Whether it is the deep learning of the past or the large language models that are currently sweeping across the industry, every clinical trial digitalization enterprise has shown great enthusiasm for this innovative technology. In the wave of global expansion, differing perceptions of AI technology have also endowed them with varying competitive advantages.

 

If digital clinical trial enterprises are further segmented based on their AI capabilities, the two industry leaders, Taimei and Veeva, undoubtedly fall into the same category. Specifically, both companies are among the few in the industry capable of providing digital solutions that span from clinical development to commercialization, and both have integrated AI across their entire product portfolios.

 

From Veeva’s perspective, AI can enhance data processing efficiency, optimize patient recruitment, improve trial design, and increase the precision of data analysis, thereby reducing clinical trial costs and accelerating regulatory submission processes. This enables Veeva to provide stronger core capabilities when serving Chinese clients expanding into global markets.

 

Medidata can be categorized as another type of enterprise. In addition to applying AI within its workflows, it has also pioneered numerous innovative AI-driven applications.

 

In 2020, the FDA approved the use of Medidata’s AI Synthetic Control Arm (SCA) solution in a Phase III registrational trial of MDNA55 for recurrent glioblastoma (rGBM) conducted by Medicenna Therapeutics, a U.S.-based clinical-stage immunotherapy company.
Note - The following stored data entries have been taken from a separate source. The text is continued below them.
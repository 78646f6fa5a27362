//! Lowers procedures, blocks, and a whole module.
//!
//! The routine of a procedure is added at the end of the table of routines, after the routines of
//! the procedures inside it. Its index is known at its heading (`routine_count_after_block`).

ghost use Rattle.std.specs.Prelude.{◌≡◌, ℕ, IfOk, IfSome, OnOk};
ghost use Rattle.ob0_tree.specs.Tree.{more};
ghost use Rattle.ob0_tree.specs.View.{block_of, procedure_of};
ghost use Rattle.ob0_tree.specs.ParsedModule.{named_tree_of};
ghost use Rattle.ob0_types_table.specs.DeclarationTables.{declared_object_in};
ghost use Rattle.ob0_language_types.specs.Bindings.{declared_object};
ghost use Rattle.ob0_language_types.specs.WellTyped.{WellTyped};
ghost use Rattle.ob0_language_names.specs.Names.{naming_by_label};
ghost use Rattle.ob0_language_names.specs.Scopes.{numbered};
ghost use Rattle.ob0_scope_table.specs.LabelledTrees.{tree_with_labels};
ghost use Rattle.ob0_scope_table.specs.Resolution.{Resolution};
ghost use Rattle.ob0_run_cells.specs.Activations.{ProgramMeansModule};
ghost use Rattle.ob0_run_machine.specs.LoweredCodeViews.{program_of};
ghost use Rattle.ob0_run_lowering.specs.Blocks.{LowersProcedures, LowersBlock, count_after_block};

use crate::declaration_sites::{Frame, place_formals, place_variable_declarations, push_site};
use crate::lowering_context::LoweringContext;
use crate::{LoweredSite, Scene, TypeLayouts, lower_body};
use ob0_run_machine::code;
use ob0_scope_table::Resolved;
use ob0_tree::{Block, Procedure};
use ob0_types_table::DeclarationTable;
use std::alloc::{AllocError, Global};

/// The state while a module is lowered. `sites` has the site of each declaration in scope, at the
/// declaration's ordinal. `routines` has the code of the procedures so far.
#[derive(Drop)]
pub(crate) struct Lowering {
    pub(crate) sites: Vec<LoweredSite>,
    pub(crate) routines: Vec<code::Routine>,
}

/// The lowered program of a module, which the machine can execute.
#[derive(Drop)]
pub struct Program {
    pub code: code::LoweredCode,
}

/// Returns the number of routines after the procedures of a block are lowered, if there are `count`
/// routines before. Returns None if the number would have more than 64 bits. This is called at each
/// heading, so it visits a procedure as often as procedures are around it, at most 100 times.
fn routine_count_after_block(count: usize, b: &Block) -> Option<usize>
    ensures { IfSome result (λ after. (r : Resolution)
        → after ≡ count_after_block count (tree_with_labels r (block_of b.now))) }
{
    let mut after = count;
    for p in &b.procedures {
        after = routine_count_after_block(after, &p.block)?.checked_add(1)?;
    }
    Some(after)
}

impl Lowering {
    ghost use Rattle.ob0_tree.specs.Tree.{Tree, items, procedure};
    ghost use Rattle.ob0_language_names.specs.Names.{Label};

    /// Lowers a procedure that is declared in an activation with the depth `depth`. The procedure's
    /// name comes into scope before its body is lowered, so the body can call the procedure. Its
    /// parameters and declarations are in scope up to its end.
    #[cycle(blocks)]
    fn lower_procedure(
        &mut self,
        context: &LoweringContext<'_, '_, '_>,
        depth: usize,
        p: &Procedure,
    ) -> Result<(), AllocError>
        ensures { OnOk result ((rest : Tree Label (items procedure))
            → LowersProcedures context.now.types.now self.old self.new depth
            (more (tree_with_labels context.now.resolved.now (procedure_of p.now)) rest) rest) }
    {
        let Some(inside) = depth.checked_add(1) else {
            return Err(AllocError);
        };
        let Some(index) = routine_count_after_block(self.routines.len(), &p.block) else {
            return Err(AllocError);
        };
        let ordinal = context.resolved.ordinal_at(p.name);
        let site = LoweredSite::Procedure { depth, index };
        push_site(&mut self.sites, ordinal, site)?;
        let outside = self.sites.len();
        let heading = Frame {
            depth: inside,
            cells: 0,
            var_parameter_count: 0,
        };
        let frame = place_formals(context, &mut self.sites, heading, &p.formals)?;
        let entry = self.lower_block(context, frame, &p.block)?;
        self.sites.truncate(outside);
        self.routines.push(entry)?;
        Ok(())
    }

    /// Lowers a block: gives its variables their cells, lowers its procedures, and then its
    /// statements. Returns the number of cells of the block's variables, and the code of its
    /// statements.
    #[cycle(blocks)]
    fn lower_block(
        &mut self,
        context: &LoweringContext<'_, '_, '_>,
        frame: Frame,
        b: &Block,
    ) -> Result<code::Routine, AllocError>
        ensures { IfOk result (LowersBlock context.now.types.now self.old self.new frame
            (tree_with_labels context.now.resolved.now (block_of b.now))) }
    {
        let own = place_variable_declarations(context, &mut self.sites, frame, &b.variables)?;
        for p in &b.procedures {
            self.lower_procedure(context, own.depth, p)?;
        }
        let scene = Scene {
            resolved: context.resolved,
            types: context.types,
            sites: self.sites.as_slice(),
            depth: own.depth,
        };
        let body = lower_body(context.alloc, &scene, &b.body)?;
        Ok(code::Routine {
            cells: own.cells - frame.cells,
            body,
        })
    }
}

/// Returns the lowered program of a module. `known` has to be the table of the module's
/// declarations. Nothing is claimed about the program if the module isn't well-typed.
///
/// # Errors
///
/// An allocation failed, or a count, for example of cells, has more than 64 bits.
pub fn lower<'t>(
    alloc: Global,
    resolved: &Resolved<'t>,
    known: &DeclarationTable,
) -> Result<Program, AllocError>
    ensures { IfOk result (λ made. WellTyped (named_tree_of resolved.now.module_read)
        → ((k : ℕ)
        → declared_object_in known.now k ≡ declared_object (named_tree_of resolved.now.module_read) k)
        → ProgramMeansModule naming_by_label (numbered (named_tree_of resolved.now.module_read))
        (program_of made.code)) }
{
    let types = TypeLayouts::new(alloc, known)?;
    let context = LoweringContext {
        alloc,
        resolved,
        types: &types,
    };
    let mut lowering = Lowering {
        sites: Vec::new(alloc),
        routines: Vec::new(alloc),
    };
    let frame = Frame {
        depth: 0,
        cells: 0,
        var_parameter_count: 0,
    };
    let entry = lowering.lower_block(&context, frame, resolved.module().block())?;
    let code = code::LoweredCode {
        cells: entry.cells,
        body: entry.body,
        procedures: lowering.routines,
    };
    Ok(Program { code })
}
This marks the first approval of a hybrid external control arm in a Phase III trial and represents a typical case of AI “data application.”

 

Interleukin-4 receptor protein therapeutics are the main component of MDNA55, which can induce cancer cells to absorb and take up the drug, leading to the release of toxins and resulting in immunogenic cell death. However, due to challenges such as difficulties in recruiting and retaining trial participants, the trial once faced a dilemma of having no available subjects.

 

On the one hand, as a targeted therapeutic macromolecule, MDNA55 cannot cross the blood-brain barrier and must be delivered directly to the tumor during administration, making it impossible to conduct controlled trials with a placebo-recruited control group. On the other hand, patients with recurrent glioblastoma have limited survival times, and many who urgently need treatment decline to participate in clinical trials due to concerns about being assigned to the control group.

 

To address Medicenna’s needs, Medidata first designed a hybrid control arm protocol for the Phase III trial based on the results of the MDNA55 Phase II trial. It then leveraged its own database of more than 7 million anonymized patient records to construct a synthetic control arm that matched the patient characteristics. Finally, Medidata employed propensity score matching, a statistical method, to ensure that the AI-enabled synthetic control arm was well-balanced and comparable to the treatment arm.

 

Medidata successfully helped Medicenna reduce the enrollment of 100 control-group patients in its upcoming Phase III trial, marking a pioneering use of hybrid external controls in rare disease trials. This application of AI-generated synthetic control arms will increase the probability that enrolled patients receive the investigational drug, is expected to improve enrollment rates, and accelerate trial timelines without compromising the scientific interpretability of the study.

 

Overall, whether through quality improvement and efficiency enhancement across the entire workflow or by creating AI-generated synthetic control groups for specific scenarios, the integration of AI has enabled digital clinical trial companies to engage more deeply in new drug clinical trials, thereby more effectively facilitating the market launch of innovative drugs.

 

Meanwhile, innovative pharmaceutical companies’ global expansion will also benefit from continuous breakthroughs in AI technology. Empowered by more efficient digital tools for clinical trials, we may see more high-quality domestic products gain regulatory approval at an accelerated pace, thereby benefiting patients worldwide.